* **Exercise requirements**
Only lines holding the word "left" are wanted from the records; copy all of them.

* **Provided records**
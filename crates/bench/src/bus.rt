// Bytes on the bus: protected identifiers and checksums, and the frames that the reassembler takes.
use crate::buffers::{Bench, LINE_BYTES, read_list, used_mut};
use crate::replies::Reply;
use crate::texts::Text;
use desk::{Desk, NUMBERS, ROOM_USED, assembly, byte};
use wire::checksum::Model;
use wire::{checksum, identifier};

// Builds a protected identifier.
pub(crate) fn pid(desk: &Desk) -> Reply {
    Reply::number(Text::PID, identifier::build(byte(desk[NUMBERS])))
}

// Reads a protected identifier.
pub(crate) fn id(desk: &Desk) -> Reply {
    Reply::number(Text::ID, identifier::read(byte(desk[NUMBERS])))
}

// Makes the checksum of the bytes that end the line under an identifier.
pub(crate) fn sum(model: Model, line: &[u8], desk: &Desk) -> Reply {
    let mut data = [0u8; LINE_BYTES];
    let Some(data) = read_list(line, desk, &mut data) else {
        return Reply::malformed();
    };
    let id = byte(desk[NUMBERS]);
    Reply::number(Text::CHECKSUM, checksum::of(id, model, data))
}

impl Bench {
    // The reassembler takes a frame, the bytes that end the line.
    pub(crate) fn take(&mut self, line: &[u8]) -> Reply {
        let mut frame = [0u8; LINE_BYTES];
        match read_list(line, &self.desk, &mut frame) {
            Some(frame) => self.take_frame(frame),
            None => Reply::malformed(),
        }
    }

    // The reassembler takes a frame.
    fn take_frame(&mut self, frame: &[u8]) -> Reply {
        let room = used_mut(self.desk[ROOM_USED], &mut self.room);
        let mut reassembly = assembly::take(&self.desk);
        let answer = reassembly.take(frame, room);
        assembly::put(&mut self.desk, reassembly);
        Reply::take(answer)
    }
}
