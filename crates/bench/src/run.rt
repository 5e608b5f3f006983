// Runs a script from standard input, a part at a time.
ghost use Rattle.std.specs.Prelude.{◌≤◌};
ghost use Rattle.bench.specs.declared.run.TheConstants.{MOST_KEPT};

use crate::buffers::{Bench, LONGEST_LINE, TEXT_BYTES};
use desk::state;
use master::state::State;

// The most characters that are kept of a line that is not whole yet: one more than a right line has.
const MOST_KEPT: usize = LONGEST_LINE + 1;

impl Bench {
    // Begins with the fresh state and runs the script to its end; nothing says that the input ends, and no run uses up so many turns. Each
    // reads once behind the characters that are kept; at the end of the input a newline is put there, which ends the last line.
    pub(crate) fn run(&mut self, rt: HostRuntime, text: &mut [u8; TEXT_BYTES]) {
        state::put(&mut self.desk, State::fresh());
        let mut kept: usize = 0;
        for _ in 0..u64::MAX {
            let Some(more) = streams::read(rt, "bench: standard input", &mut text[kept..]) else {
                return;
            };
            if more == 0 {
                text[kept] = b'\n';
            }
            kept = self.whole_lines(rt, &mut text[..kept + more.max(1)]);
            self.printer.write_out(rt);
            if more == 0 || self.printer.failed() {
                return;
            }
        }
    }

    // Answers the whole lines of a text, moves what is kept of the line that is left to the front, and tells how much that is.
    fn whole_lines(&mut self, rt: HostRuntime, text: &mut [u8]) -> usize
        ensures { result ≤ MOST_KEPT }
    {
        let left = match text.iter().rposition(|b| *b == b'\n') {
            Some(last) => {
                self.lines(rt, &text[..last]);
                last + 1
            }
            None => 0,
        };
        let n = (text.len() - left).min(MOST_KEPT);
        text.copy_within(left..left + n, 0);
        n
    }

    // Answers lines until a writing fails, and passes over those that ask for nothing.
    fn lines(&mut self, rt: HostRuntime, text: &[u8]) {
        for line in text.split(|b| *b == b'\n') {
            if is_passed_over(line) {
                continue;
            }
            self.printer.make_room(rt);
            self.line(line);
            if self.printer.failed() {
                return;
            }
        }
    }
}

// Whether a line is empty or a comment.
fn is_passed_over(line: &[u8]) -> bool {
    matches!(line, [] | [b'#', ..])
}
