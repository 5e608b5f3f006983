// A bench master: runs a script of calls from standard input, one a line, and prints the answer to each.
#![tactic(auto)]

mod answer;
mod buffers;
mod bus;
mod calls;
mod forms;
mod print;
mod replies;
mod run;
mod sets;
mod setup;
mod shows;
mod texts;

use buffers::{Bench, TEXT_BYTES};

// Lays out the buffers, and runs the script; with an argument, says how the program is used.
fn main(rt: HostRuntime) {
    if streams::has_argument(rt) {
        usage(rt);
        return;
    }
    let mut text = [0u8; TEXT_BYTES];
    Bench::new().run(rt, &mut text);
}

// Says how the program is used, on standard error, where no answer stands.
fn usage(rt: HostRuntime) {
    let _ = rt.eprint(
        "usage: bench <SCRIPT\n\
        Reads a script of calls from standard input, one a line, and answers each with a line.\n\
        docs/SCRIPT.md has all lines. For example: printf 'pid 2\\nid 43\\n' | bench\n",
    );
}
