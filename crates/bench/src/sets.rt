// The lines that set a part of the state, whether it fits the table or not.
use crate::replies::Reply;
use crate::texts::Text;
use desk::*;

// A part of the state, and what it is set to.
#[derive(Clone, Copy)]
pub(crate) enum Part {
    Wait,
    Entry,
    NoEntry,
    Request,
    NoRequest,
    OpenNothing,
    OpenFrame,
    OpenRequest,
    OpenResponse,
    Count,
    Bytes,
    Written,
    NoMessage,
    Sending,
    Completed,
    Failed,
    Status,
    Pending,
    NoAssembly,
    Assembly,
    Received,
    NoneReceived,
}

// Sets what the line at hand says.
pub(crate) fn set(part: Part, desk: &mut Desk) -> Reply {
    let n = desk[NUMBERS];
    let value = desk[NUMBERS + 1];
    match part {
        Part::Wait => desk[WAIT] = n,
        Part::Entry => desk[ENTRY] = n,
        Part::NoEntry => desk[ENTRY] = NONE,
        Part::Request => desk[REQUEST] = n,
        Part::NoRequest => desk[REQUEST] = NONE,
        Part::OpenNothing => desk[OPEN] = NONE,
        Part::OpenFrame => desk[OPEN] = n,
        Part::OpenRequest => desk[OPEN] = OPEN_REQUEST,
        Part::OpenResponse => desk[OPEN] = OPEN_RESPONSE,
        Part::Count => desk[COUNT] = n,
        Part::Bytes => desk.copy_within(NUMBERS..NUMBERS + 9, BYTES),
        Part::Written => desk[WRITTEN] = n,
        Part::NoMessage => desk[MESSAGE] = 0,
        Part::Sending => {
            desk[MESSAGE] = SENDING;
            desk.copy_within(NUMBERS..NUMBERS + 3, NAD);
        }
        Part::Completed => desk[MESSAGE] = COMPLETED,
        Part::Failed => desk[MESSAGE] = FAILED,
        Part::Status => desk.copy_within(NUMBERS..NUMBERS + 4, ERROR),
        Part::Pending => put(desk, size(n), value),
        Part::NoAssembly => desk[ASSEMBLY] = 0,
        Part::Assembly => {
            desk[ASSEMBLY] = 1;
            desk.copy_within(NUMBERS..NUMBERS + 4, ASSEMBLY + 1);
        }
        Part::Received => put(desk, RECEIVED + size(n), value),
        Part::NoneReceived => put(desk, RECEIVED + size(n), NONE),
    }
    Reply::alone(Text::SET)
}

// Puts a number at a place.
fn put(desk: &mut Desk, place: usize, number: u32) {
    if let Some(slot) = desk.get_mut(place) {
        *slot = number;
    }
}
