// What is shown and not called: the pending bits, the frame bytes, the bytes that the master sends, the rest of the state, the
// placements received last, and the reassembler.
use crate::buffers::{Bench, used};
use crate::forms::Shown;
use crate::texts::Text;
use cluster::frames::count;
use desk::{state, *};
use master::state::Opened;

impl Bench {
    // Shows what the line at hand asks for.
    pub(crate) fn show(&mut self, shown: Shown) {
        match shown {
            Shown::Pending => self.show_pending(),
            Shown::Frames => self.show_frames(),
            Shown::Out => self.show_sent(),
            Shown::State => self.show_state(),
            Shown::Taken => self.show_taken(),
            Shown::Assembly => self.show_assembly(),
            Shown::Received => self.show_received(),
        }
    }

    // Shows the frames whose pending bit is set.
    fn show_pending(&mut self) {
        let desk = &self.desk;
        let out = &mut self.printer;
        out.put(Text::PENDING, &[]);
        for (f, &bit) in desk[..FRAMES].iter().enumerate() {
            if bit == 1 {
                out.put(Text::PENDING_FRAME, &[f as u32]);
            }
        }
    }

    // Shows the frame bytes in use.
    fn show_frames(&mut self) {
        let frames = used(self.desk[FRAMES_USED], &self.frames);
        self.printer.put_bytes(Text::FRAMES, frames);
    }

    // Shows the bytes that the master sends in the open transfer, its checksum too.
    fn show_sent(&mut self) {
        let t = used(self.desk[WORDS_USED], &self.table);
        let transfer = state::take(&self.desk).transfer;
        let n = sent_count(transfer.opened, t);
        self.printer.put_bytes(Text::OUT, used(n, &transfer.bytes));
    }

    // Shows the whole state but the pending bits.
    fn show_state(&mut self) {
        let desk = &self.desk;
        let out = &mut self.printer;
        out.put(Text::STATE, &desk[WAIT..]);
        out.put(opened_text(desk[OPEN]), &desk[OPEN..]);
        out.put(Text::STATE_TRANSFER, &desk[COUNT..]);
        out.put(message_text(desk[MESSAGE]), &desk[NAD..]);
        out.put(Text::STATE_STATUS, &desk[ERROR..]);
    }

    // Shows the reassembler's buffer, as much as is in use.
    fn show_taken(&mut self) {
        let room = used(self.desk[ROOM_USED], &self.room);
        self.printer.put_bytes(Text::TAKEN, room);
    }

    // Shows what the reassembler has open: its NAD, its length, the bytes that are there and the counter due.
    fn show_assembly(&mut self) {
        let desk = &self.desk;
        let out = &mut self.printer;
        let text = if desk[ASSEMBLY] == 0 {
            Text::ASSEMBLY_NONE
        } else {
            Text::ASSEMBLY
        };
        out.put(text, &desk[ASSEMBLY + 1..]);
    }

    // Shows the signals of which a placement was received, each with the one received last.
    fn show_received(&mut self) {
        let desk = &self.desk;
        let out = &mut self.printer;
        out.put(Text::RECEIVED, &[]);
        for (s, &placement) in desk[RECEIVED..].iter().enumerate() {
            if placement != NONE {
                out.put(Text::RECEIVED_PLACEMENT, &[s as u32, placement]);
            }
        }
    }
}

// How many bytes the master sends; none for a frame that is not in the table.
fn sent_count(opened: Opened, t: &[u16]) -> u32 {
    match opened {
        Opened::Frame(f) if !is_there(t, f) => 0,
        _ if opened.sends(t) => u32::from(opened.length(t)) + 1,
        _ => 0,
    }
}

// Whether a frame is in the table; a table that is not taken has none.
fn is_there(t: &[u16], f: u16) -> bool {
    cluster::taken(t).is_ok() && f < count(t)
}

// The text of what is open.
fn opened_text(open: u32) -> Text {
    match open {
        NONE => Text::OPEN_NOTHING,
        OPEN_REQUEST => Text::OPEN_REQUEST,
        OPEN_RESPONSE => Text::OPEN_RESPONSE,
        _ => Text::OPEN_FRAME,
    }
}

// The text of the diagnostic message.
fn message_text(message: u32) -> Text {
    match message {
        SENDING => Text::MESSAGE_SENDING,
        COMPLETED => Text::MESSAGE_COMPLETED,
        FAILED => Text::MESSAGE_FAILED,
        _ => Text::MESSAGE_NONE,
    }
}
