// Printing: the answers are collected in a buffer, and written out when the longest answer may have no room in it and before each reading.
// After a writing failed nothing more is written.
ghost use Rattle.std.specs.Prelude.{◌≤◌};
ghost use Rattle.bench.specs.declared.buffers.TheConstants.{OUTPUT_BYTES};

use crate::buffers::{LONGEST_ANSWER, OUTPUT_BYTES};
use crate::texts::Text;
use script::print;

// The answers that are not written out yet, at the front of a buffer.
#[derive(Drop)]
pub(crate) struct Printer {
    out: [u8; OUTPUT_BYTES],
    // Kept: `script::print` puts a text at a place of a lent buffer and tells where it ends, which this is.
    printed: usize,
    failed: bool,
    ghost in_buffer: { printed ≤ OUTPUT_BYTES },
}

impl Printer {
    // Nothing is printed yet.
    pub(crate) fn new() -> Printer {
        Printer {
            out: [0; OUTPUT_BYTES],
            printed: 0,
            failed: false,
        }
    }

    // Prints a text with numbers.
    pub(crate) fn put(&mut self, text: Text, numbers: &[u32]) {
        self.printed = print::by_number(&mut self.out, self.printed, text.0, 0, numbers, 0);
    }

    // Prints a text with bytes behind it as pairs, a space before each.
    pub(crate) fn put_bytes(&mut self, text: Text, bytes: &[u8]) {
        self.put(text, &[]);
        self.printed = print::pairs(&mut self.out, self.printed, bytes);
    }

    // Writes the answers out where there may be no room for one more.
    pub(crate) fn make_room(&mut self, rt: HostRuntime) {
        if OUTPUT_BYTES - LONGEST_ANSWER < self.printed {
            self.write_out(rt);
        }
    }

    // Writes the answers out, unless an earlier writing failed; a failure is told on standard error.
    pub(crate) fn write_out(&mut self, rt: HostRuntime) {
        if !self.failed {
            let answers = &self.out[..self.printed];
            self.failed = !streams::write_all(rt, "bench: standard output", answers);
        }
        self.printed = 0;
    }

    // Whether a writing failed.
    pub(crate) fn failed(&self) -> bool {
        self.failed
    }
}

* **Output for this exercise**
    // Answers the whole lines of a text, moves what is kept of the line that is left to the front, and tells how much that is.
        let left = match text.iter().rposition(|b| *b == b'\n') {
        let n = (text.len() - left).min(MOST_KEPT);
        text.copy_within(left..left + n, 0);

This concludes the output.